Wednesday, August 11, 2010

Of Fedoras and Bunions

"Daddy, do you have your hat," I can hear Grammy's voice as she and Grampy would prepare to sally forth. She in her mink with a perfectly coordinated silk scarf and he in his fedora. Somehow, I ended up with the scarf, the fedora, and for a time the mink. I can remember wearing the fedora around college and then around town. At some point I jettisoned the mink and more recently the fedora went out the door. The scarf remains -- a mix of oranges and golds tucked away in a box with various other scarves acquired during my life. Scarves that I no longer wear but somehow can not bear to part with.

Somewhere there are pictures of my grandfather wearing that fedora and my grandmother in that mink. I know that she used to wear it as she caught the sun in Elinor Village when they wintered in Florida. The fur was damaged as a result -- with the shoulders and collar turning the color of straw and feeling just a tad rough (under the arms was just as soft as could be). Somewhere there is a picture of a younger me wearing that fedora -- jauntily tipped at just the right angle. An article of clothing that could at once make me feel like a cool girl but also could just bring a smile to my face because it was grampy's.
He and I never had the easiest of relationships. I was the kid who was reading Deliverance (scandalous!) at too young of an age. I remember his voice drifting up to the bedroom in Washington, CT where I lay curled up with a book -- that book. "How could you let her read that, he said to my mother. She kind of laughed and told him she had stopped trying to screen what I read once I started to check books out of the adult library. Things got a bit heated and I started to read faster (who knew, maybe she'd take it away, see his side of things). To this day, I wonder if she had actually read Deliverance at that point -- did she know what was causing him to make such a ruckus? Did she know that I also devoured Valley of the Dolls up in Maine? I think for her, it just mattered that I was an omniverous reader -- constantly with a book. Seems kind of funny now -- those books being scandalous that is.

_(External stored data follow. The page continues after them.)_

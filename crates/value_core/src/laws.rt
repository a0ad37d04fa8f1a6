ghost use Rattle.std.specs.Prelude.{◌≡◌, ◌<◌, ℤ, pos, ◌≤ℤ◌};
ghost use Rattle.std.specs.Cmp.{IsTotalOrder};
ghost use Rattle.std.specs.declared.cmp.Ordering.TheVariants.{Less, Equal};
ghost use Rattle.value_core.specs.declared.fraction.Fraction.{Fraction};
ghost use Rattle.value_core.specs.declared.value.Value.{Value};
ghost use Rattle.value_core.specs.Fractions.{IsReduced, fraction_order};
ghost use Rattle.value_core.specs.Values.{kind, value_order};

/// A fraction has one lowest form: the definition determines both of its parts, and so the value. It
/// does nothing, and its contract is the law.
pub fn lowest_form_is_unique()
    ensures value { (n c : ℤ) (x y : Fraction) → pos 1 ≤ℤ c
        → IsReduced n c x.n x.d → IsReduced n c y.n y.d → x ≡ y }
    ensures parts { (n c a d b e : ℤ) → pos 1 ≤ℤ c
        → IsReduced n c a d → IsReduced n c b e → (a ≡ b) × (d ≡ e) }
{}

/// Fractions have one total order, and only a fraction itself compares equal to it. It does nothing,
/// and its contract is the law.
pub fn fractions_are_ordered()
    ensures total { IsTotalOrder fraction_order }
    ensures exact { (x y : Fraction) → fraction_order x y ≡ Equal → x ≡ y }
{}

/// Values have one total order, a value of a lesser kind stands first, and only a value itself
/// compares equal to it. It does nothing, and its contract is the law.
pub fn values_are_ordered()
    ensures total { IsTotalOrder value_order }
    ensures by_kind { (x y : Value) → kind x < kind y → value_order x y ≡ Less }
    ensures exact { (x y : Value) → value_order x y ≡ Equal → x ≡ y }
{}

Grampy was quite something -- feisty and climbing trees well into his 70s. He could bring my aunt Monica to tears of frustration (and use of valium) just by the way he gave directions to Lake Quasipog. In the family lore (the stories you carry around), she turned the tables on him once, slippng valium on one of their last trips to Florida, dropping it into his coffee just so she could get him from point A to point B. I think it was likely the early stages of his dementia which would never really conquer his spirit but gradually take his mind.
I remember the way he coped with his bunions -- cutting holes out of his black leather shoes and wearing those with black socks and a bathing suit to Mt. Tom. He would shed things into a neat pile and unerringly find that rock near the shore so he could execute a shallow dive. Often, he would join us kids in standing on our heads as we played in the shallows of that spring-fed pond inat the end of a hot summer day.

As I sit here late on a Wednesday evening with my own throbbing bunion, I am wondering if I will hit a point where I have to cut holes in my shoes to get myself through the day. Unlike the fedora. Unlike the mink. I can't just toss this thing that is growing on my big toe joint out because it no longer suits me. In reality, it's a pretty small bunion as bunions -- or bumps as my sister calls them -- go. Like the fedora though, it ties me to an earlier memory of a man who was opinionated, strong as an ox, and stubborn as could be.

I wish I could meet that man again as I turn the corner into the 2nd half of my life. I'd like to meet that woman who married him as well -- Grammy of the afternoon Manhattans that Jimmy (my father) made just perfectly. She was the softer half of this duo -- always gracious and someone who you wanted to help. On many a summer morning we would hear her voice from downstairs asking "Daddy, do you think they're awake? Frosty (the dog) go get them up." And there they would be as we tumbled down the stairs, blueberry pancakes (a Grampy specialty) at the ready to fortify us for the day.

It would be great to have one of those breakfasts now that I'm old enough to appreciate it. Instead, I have a scarf, a throbbing bunion, and the memory of his and my fedora. And that is enough.


  1. Lovely writing! My grandpa always wore a hat too and was a great guy. Funny, I was just thinking today that I inherited his goofy way of doing/repairing things as I painted a chair in a three foot square area in the garage trying not to get paint on anything besides my clothes and hair as I bent upside down instead of doing it the correct way.

  2. that is too funny. mine had a work room -- down in the basement and all sorts of tools from his day as a welder. I don't think i inherited any of his handiness -- my only project ever was to strip and refinish a chest of draws. that did come out nice though.

  3. Wow! I was spellbound. I always knew you were a great writer...but this was poetry for my eyeballs. That post was truly enchanting... thank you for sharing such detailed and beautiful memories... I had never heard any of this... you've made my day.